---- DATA TO PROCESS
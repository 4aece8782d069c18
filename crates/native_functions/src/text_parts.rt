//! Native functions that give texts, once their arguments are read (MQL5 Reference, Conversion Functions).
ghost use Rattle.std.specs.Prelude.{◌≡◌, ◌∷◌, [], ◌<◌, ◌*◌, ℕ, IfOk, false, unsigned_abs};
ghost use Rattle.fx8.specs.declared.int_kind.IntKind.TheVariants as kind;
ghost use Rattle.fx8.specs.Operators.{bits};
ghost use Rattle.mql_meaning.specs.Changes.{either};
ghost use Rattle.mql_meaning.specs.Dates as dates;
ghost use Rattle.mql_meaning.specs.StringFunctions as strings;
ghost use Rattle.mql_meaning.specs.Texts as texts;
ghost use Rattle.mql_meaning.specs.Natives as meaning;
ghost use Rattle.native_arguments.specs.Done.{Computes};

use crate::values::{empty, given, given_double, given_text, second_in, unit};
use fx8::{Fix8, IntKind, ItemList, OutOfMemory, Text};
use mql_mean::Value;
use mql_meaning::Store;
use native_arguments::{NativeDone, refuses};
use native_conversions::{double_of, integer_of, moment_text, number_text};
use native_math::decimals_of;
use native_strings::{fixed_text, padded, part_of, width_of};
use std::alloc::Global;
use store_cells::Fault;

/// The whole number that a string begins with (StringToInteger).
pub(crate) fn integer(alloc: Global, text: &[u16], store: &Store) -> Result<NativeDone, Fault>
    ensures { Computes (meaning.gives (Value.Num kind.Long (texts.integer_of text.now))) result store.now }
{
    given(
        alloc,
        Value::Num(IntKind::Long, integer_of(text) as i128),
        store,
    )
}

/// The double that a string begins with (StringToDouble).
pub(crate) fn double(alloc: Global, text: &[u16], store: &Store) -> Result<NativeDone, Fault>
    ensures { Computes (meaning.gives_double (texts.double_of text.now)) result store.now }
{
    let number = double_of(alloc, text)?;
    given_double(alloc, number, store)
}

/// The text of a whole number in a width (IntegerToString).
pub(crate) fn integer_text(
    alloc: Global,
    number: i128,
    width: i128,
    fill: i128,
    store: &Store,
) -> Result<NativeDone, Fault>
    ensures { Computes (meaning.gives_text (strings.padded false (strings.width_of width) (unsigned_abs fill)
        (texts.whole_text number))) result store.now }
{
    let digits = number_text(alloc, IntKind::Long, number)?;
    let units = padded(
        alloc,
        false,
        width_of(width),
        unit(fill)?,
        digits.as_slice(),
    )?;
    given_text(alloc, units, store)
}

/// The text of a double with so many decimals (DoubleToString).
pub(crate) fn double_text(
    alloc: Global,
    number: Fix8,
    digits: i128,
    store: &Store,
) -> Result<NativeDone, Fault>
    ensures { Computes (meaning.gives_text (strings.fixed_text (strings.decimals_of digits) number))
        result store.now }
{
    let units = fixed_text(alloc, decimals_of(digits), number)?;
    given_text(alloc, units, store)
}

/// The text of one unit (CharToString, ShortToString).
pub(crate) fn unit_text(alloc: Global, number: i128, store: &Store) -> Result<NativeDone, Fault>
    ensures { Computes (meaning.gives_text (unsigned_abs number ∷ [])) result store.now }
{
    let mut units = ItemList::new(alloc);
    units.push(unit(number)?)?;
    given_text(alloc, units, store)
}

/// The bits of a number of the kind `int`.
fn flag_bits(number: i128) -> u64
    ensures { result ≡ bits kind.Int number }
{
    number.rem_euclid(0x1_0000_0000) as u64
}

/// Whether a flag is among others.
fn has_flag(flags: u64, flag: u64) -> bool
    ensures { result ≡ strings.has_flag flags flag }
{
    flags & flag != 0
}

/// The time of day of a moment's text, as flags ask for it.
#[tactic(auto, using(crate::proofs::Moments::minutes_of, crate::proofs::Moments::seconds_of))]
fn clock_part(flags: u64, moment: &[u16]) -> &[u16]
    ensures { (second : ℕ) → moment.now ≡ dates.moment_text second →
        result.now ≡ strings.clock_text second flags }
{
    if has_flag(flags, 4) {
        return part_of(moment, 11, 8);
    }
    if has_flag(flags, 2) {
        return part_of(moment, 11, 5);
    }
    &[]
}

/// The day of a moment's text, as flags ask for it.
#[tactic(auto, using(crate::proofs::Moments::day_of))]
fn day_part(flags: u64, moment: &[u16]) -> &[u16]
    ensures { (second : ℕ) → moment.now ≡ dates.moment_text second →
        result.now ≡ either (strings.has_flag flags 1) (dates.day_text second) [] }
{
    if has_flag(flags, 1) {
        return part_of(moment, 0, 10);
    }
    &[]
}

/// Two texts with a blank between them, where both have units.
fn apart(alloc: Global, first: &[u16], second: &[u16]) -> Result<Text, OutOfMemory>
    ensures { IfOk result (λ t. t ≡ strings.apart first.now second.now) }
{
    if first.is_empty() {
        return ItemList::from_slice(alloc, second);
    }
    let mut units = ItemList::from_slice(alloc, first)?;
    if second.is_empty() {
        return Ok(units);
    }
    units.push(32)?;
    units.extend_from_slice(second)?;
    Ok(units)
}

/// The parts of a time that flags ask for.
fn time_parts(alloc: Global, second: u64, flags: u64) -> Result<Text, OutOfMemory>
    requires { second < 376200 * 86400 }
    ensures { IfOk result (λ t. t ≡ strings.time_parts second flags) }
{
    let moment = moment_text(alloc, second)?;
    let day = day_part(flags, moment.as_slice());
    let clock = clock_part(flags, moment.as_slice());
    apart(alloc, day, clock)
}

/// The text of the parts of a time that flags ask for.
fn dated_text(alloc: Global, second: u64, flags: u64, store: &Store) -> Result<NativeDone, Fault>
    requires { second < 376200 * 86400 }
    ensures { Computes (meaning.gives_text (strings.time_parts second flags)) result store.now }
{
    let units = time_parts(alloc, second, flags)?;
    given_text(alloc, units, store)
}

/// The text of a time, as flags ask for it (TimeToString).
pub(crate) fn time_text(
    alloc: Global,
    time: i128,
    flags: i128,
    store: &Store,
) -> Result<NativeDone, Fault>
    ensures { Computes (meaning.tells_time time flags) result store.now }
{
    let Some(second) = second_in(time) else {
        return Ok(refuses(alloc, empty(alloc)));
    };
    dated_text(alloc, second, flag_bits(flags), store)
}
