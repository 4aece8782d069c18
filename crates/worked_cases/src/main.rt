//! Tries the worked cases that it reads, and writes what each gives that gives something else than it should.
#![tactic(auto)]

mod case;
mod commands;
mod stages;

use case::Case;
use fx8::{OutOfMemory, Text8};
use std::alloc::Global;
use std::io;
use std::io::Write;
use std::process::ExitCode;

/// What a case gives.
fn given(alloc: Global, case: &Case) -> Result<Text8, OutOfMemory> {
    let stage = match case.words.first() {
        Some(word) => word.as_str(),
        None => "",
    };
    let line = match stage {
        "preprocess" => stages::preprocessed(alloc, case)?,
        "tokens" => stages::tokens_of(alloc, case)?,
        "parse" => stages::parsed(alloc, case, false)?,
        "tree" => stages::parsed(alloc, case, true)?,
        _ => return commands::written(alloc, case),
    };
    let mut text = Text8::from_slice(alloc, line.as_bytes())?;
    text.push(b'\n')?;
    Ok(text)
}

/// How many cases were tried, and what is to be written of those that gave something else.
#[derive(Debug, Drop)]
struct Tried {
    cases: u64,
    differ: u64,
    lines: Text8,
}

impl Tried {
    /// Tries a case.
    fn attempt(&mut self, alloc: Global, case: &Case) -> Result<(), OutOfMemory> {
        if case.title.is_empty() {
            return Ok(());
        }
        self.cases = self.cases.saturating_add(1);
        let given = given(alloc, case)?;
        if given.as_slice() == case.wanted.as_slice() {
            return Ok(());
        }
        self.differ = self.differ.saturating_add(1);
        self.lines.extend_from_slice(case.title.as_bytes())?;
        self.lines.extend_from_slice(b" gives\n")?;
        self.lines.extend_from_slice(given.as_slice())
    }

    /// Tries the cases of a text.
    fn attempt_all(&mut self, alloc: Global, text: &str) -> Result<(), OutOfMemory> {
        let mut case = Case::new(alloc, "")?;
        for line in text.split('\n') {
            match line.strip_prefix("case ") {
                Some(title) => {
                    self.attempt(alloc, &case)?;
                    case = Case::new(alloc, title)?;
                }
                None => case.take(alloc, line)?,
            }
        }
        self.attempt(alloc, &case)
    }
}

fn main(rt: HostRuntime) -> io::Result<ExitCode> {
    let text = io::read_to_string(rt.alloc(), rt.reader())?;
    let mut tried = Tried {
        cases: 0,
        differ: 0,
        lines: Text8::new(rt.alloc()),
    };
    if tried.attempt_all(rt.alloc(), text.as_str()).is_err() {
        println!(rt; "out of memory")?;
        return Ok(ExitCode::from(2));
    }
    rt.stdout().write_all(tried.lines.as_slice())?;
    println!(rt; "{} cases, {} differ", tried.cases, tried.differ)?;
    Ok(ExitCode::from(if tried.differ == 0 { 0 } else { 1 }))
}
--------
→ ASSIGNMENT
Your answer should be the exact lines above from the one with "units.push(32)?;" through the one with "gave something else.", both included, and nothing besides.

→ SOLUTION TO THIS PROBLEM
    units.push(32)?;
    units.extend_from_slice(second)?;
    Ok(units)
}

/// The parts of a time that flags ask for.
fn time_parts(alloc: Global, second: u64, flags: u64) -> Result<Text, OutOfMemory>
    requires { second < 376200 * 86400 }
    ensures { IfOk result (λ t. t ≡ strings.time_parts second flags) }
{
    let moment = moment_text(alloc, second)?;
    let day = day_part(flags, moment.as_slice());
    let clock = clock_part(flags, moment.as_slice());
    apart(alloc, day, clock)
}

/// The text of the parts of a time that flags ask for.
fn dated_text(alloc: Global, second: u64, flags: u64, store: &Store) -> Result<NativeDone, Fault>
    requires { second < 376200 * 86400 }
    ensures { Computes (meaning.gives_text (strings.time_parts second flags)) result store.now }
{
    let units = time_parts(alloc, second, flags)?;
    given_text(alloc, units, store)
}

/// The text of a time, as flags ask for it (TimeToString).
pub(crate) fn time_text(
    alloc: Global,
    time: i128,
    flags: i128,
    store: &Store,
) -> Result<NativeDone, Fault>
    ensures { Computes (meaning.tells_time time flags) result store.now }
{
    let Some(second) = second_in(time) else {
        return Ok(refuses(alloc, empty(alloc)));
    };
    dated_text(alloc, second, flag_bits(flags), store)
}
repository 4aece8782d069c18
filename crates/worked_cases/src/main.rt
//! Tries the worked cases that it reads, and writes what each gives that gives something else than it should.
#![tactic(auto)]

mod case;
mod commands;
mod stages;

use case::Case;
use fx8::{OutOfMemory, Text8};
use std::alloc::Global;
use std::io;
use std::io::Write;
use std::process::ExitCode;

/// What a case gives.
fn given(alloc: Global, case: &Case) -> Result<Text8, OutOfMemory> {
    let stage = match case.words.first() {
        Some(word) => word.as_str(),
        None => "",
    };
    let line = match stage {
        "preprocess" => stages::preprocessed(alloc, case)?,
        "tokens" => stages::tokens_of(alloc, case)?,
        "parse" => stages::parsed(alloc, case, false)?,
        "tree" => stages::parsed(alloc, case, true)?,
        _ => return commands::written(alloc, case),
    };
    let mut text = Text8::from_slice(alloc, line.as_bytes())?;
    text.push(b'\n')?;
    Ok(text)
}

/// How many cases were tried, and what is to be written of those that gave something else.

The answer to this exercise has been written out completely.